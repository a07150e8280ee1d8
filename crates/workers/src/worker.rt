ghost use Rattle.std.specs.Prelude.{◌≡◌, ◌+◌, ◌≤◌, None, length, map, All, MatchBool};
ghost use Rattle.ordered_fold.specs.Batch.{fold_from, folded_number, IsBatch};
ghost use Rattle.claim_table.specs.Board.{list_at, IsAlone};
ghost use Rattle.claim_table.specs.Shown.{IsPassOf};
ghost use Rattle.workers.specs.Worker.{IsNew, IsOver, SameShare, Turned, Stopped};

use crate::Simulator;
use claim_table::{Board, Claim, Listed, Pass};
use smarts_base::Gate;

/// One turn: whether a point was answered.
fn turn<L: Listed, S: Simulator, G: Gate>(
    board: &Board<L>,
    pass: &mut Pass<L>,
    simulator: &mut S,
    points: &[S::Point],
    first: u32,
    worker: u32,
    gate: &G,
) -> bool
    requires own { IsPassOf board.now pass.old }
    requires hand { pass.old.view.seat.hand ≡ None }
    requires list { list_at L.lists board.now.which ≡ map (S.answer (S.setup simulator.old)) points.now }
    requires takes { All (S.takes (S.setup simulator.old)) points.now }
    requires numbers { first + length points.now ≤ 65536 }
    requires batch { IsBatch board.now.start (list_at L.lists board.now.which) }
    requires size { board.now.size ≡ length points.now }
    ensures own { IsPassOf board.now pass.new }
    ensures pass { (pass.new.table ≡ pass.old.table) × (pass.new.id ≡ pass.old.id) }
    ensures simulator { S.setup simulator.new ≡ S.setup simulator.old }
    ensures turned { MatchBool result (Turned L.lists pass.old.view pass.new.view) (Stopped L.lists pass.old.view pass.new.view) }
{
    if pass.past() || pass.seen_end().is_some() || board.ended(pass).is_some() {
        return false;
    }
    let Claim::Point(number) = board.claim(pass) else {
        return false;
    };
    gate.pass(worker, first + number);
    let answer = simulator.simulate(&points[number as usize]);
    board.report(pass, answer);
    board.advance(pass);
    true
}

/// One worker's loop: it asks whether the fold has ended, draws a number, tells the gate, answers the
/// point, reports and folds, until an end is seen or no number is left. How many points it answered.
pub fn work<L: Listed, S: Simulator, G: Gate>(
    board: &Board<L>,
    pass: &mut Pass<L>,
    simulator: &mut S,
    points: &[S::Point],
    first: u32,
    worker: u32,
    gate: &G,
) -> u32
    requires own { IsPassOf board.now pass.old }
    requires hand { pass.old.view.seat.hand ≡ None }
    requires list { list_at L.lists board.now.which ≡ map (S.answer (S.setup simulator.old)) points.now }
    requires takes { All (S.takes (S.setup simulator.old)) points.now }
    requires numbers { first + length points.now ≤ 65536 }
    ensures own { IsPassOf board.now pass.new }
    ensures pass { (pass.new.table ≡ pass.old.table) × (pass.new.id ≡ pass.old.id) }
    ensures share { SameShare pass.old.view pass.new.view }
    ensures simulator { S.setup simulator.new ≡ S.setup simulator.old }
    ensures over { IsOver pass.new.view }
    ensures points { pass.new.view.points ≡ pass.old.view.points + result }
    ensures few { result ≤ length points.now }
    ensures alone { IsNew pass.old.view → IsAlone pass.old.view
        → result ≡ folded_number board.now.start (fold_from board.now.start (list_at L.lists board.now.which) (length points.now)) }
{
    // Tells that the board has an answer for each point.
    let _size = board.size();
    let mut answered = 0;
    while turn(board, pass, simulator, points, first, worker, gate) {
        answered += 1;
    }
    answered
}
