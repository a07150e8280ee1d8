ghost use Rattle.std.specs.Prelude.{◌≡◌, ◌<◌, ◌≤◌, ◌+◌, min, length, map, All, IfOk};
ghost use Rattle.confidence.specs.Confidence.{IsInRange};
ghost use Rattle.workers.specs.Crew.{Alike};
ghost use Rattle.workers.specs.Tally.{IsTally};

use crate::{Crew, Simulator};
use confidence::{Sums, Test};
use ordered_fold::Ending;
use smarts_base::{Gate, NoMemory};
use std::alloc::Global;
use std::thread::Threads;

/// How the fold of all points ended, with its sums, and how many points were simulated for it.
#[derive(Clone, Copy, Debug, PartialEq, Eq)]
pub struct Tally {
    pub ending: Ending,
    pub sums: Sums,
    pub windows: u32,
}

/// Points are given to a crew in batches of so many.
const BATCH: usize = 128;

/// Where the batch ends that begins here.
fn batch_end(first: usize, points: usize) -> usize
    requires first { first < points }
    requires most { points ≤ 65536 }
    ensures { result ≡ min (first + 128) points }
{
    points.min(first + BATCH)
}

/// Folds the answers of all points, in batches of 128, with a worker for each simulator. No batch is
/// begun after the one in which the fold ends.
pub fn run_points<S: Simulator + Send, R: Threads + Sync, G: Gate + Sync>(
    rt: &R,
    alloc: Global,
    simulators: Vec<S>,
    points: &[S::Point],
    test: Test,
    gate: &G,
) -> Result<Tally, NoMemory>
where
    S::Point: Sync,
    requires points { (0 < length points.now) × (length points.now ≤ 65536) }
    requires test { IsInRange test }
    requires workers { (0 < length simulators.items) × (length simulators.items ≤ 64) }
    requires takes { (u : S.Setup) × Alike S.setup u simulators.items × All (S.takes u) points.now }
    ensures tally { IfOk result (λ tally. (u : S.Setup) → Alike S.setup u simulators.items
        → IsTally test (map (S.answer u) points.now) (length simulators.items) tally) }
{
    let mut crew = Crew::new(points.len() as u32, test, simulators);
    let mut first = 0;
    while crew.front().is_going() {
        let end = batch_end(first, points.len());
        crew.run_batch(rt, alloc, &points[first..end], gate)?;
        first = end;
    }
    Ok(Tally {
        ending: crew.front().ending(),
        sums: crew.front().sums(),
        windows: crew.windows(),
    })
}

==================================================

> [About this task] Beginning with the line above that contains "simulated for it.", copy each line exactly up to and including the line that contains "fn batch_end(first: usize, points: usize)", and go no further.

> [The answer]
/// How the fold of all points ended, with its sums, and how many points were simulated for it.
#[derive(Clone, Copy, Debug, PartialEq, Eq)]
pub struct Tally {
    pub ending: Ending,
    pub sums: Sums,
    pub windows: u32,
}

/// Points are given to a crew in batches of so many.
const BATCH: usize = 128;

/// Where the batch ends that begins here.
fn batch_end(first: usize, points: usize) -> usize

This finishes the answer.